Women are the owners of nearly 25 % of new enterprises in the countries with transitional economy. As a result, there appeared a new non-standard approach towards running business. Though businesswomen have much in common with businessmen, they also have a different view of the economic situation and they run their business using non-traditional approaches and methods. The world witnesses the trend towards the growth of small businesses with few employees and not very high profits, headed by women, since they are interested mostly in the stability and legitimacy of the income against its volume.

The very fact of women’s participation in business increases their chances to influence the authorities with the aim to provide many more decisions in economic and social spheres with regard to their interests.

However, some problems arise when businesswomen create good ideas which could be realized in practice, but they lack experience, professional training, capital and influential connections in other organizations.
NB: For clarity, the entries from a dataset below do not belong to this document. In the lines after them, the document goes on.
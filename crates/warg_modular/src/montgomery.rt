//! Products modulo an odd number `p`, by Montgomery's method. `inverse` is -1 / p modulo 2 ^ 64.

ghost use Rattle.std.specs.Prelude.{◌≡◌, ℕ, ◌+◌, ◌*◌, ◌%◌, ◌^◌, ◌<◌, ◌≤◌};
ghost use Rattle.std.specs.Int.{from_bool};
ghost use Rattle.warg_modular.specs.Value.{value, wide, squares, IsRound};

use crate::words::{Words, add, add_with_carry, half, select, sub};

/// A number below 2 ^ 512 in eight words, the low four first.
#[derive(Clone, Copy)]
pub struct Wide {
    pub low: Words,
    pub high: Words,
}

// t + a * b: the lowest word, and the four above it.
#[inline(always)]
fn row(t: Words, a: u64, b: Words) -> (u64, Words)
    ensures { result.0 + value result.1 * 2 ^ 64 ≡ value t + a * value b }
{
    let (low, c) = a.carrying_mul_add(b.l0, 0, t.l0);
    let (l0, c) = a.carrying_mul_add(b.l1, c, t.l1);
    let (l1, c) = a.carrying_mul_add(b.l2, c, t.l2);
    let (l2, l3) = a.carrying_mul_add(b.l3, c, t.l3);
    (low, Words { l0, l1, l2, l3 })
}

// a * b.
#[inline(always)]
fn wide_product(a: Words, b: Words) -> Wide
    ensures { wide result ≡ value a * value b }
{
    let zero = Words {
        l0: 0,
        l1: 0,
        l2: 0,
        l3: 0,
    };
    let (l0, t) = row(zero, a.l0, b);
    let (l1, t) = row(t, a.l1, b);
    let (l2, t) = row(t, a.l2, b);
    let (l3, t) = row(t, a.l3, b);
    Wide {
        low: Words { l0, l1, l2, l3 },
        high: t,
    }
}

// a * a without the squares of the words: each product of two words is taken once, and doubled.
#[inline(always)]
fn cross_products(a: Words) -> Wide
    ensures { wide result + squares a ≡ value a * value a }
{
    let (w1, c) = a.l0.carrying_mul_add(a.l1, 0, 0);
    let (w2, c) = a.l0.carrying_mul_add(a.l2, c, 0);
    let (w3, w4) = a.l0.carrying_mul_add(a.l3, c, 0);
    let (w3, c) = a.l1.carrying_mul_add(a.l2, 0, w3);
    let (w4, w5) = a.l1.carrying_mul_add(a.l3, c, w4);
    let (w5, w6) = a.l2.carrying_mul_add(a.l3, 0, w5);
    let (l1, c) = w1.carrying_mul_add(2, 0, 0);
    let (l2, c) = w2.carrying_mul_add(2, c, 0);
    let (l3, c) = w3.carrying_mul_add(2, c, 0);
    let (h0, c) = w4.carrying_mul_add(2, c, 0);
    let (h1, c) = w5.carrying_mul_add(2, c, 0);
    let (h2, h3) = w6.carrying_mul_add(2, c, 0);
    Wide {
        low: Words { l0: 0, l1, l2, l3 },
        high: Words {
            l0: h0,
            l1: h1,
            l2: h2,
            l3: h3,
        },
    }
}

// a * a.
#[inline(always)]
fn wide_square(a: Words) -> Wide
    ensures { wide result ≡ value a * value a }
{
    let Wide { low, high } = cross_products(a);
    let (l0, c) = a.l0.carrying_mul_add(a.l0, 0, low.l0);
    let (l1, c) = add_with_carry(low.l1, 0, c);
    let (l2, c) = a.l1.carrying_mul_add(a.l1, c, low.l2);
    let (l3, c) = add_with_carry(low.l3, 0, c);
    let (h0, c) = a.l2.carrying_mul_add(a.l2, c, high.l0);
    let (h1, c) = add_with_carry(high.l1, 0, c);
    let (h2, c) = a.l3.carrying_mul_add(a.l3, c, high.l2);
    let (h3, _) = add_with_carry(high.l3, 0, c);
    Wide {
        low: Words { l0, l1, l2, l3 },
        high: Words {
            l0: h0,
            l1: h1,
            l2: h2,
            l3: h3,
        },
    }
}

// (t + m * p) / 2 ^ 64, for the m that makes it whole.
#[inline(always)]
fn round(t: Words, p: Words, inverse: u64) -> Words
    requires { (p.l0 * inverse + 1) % 2 ^ 64 ≡ 0 }
    ensures { IsRound (value t) (value p) (value result) }
{
    let (_, rest) = row(t, t.l0.wrapping_mul(inverse), p);
    rest
}

// The number with a bit above it, less p where that leaves something.
#[inline(always)]
fn reduced(t: Words, top: bool, p: Words) -> Words
    requires { value t + from_bool top * 2 ^ 256 < 2 * value p }
    ensures below { value result < value p }
    ensures same { value result % value p ≡ (value t + from_bool top * 2 ^ 256) % value p }
{
    let (less, borrow) = sub(t, p);
    select(!top && borrow, t, less)
}

// t / 2 ^ 256 modulo p.
#[inline(always)]
fn reduce(t: Wide, p: Words, inverse: u64) -> Words
    requires inverse { (p.l0 * inverse + 1) % 2 ^ 64 ≡ 0 }
    requires below { wide t < value p * 2 ^ 256 }
    ensures below { value result < value p }
    ensures quotient { (value result * 2 ^ 256) % value p ≡ wide t % value p }
{
    let r = round(t.low, p, inverse);
    let r = round(r, p, inverse);
    let r = round(r, p, inverse);
    let r = round(r, p, inverse);
    let (s, carry) = add(r, t.high);
    reduced(s, carry, p)
}

/// a * b / 2 ^ 256 modulo p. Only one of the two has to be below p.
#[inline(always)]
pub fn mul(a: Words, b: Words, p: Words, inverse: u64) -> Words
    requires inverse { (p.l0 * inverse + 1) % 2 ^ 64 ≡ 0 }
    requires below { value b < value p }
    ensures below { value result < value p }
    ensures product { (value result * 2 ^ 256) % value p ≡ (value a * value b) % value p }
{
    reduce(wide_product(a, b), p, inverse)
}

/// a * a / 2 ^ 256 modulo p.
#[inline(always)]
pub fn square(a: Words, p: Words, inverse: u64) -> Words
    requires inverse { (p.l0 * inverse + 1) % 2 ^ 64 ≡ 0 }
    requires below { value a < value p }
    ensures below { value result < value p }
    ensures product { (value result * 2 ^ 256) % value p ≡ (value a * value a) % value p }
{
    reduce(wide_square(a), p, inverse)
}

/// a + b modulo p.
#[inline(always)]
pub fn sum(a: Words, b: Words, p: Words) -> Words
    requires { (value a < value p) × (value b < value p) }
    ensures below { value result < value p }
    ensures sum { value result ≡ (value a + value b) % value p }
{
    let (s, carry) = add(a, b);
    reduced(s, carry, p)
}

/// a - b modulo p.
#[inline(always)]
pub fn difference(a: Words, b: Words, p: Words) -> Words
    requires { (value a < value p) × (value b < value p) }
    ensures below { value result < value p }
    ensures difference { (value result + value b) % value p ≡ value a }
{
    let (d, borrow) = sub(a, b);
    let (more, _) = add(d, p);
    select(borrow, more, d)
}

// p where the bit is 1, and 0 where it is 0.
#[inline(always)]
fn times_bit(p: Words, bit: u64) -> Words
    requires { bit ≤ 1 }
    ensures { value result ≡ bit * value p }
{
    Words {
        l0: p.l0 * bit,
        l1: p.l1 * bit,
        l2: p.l2 * bit,
        l3: p.l3 * bit,
    }
}

/// a / 2 modulo p.
#[inline(always)]
pub fn halved(a: Words, p: Words) -> Words
    requires odd { p.l0 % 2 ≡ 1 }
    requires below { value a < value p }
    ensures below { value result < value p }
    ensures half { (value result * 2) % value p ≡ value a }
{
    let (t, top) = add(a, times_bit(p, a.l0 % 2));
    half(t, top)
}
Therefore, governments and international organizations in the countries with transitional economies try to assist women entrepreneurs, involving the experience of industrially advanced countries.

The basis for these activities is laid by a range of recommendations offered by the UN Commission on the Status of Women. The given recommendations fully correspond to the situation in the sphere of women’s entrepreneurship in the countries with transitional economy. Some of them have already found their practical use, others require additional conditions. Women’s participation in the economic life of the society at the decision-making level should become a rule in the countries that choose the way of democratic development.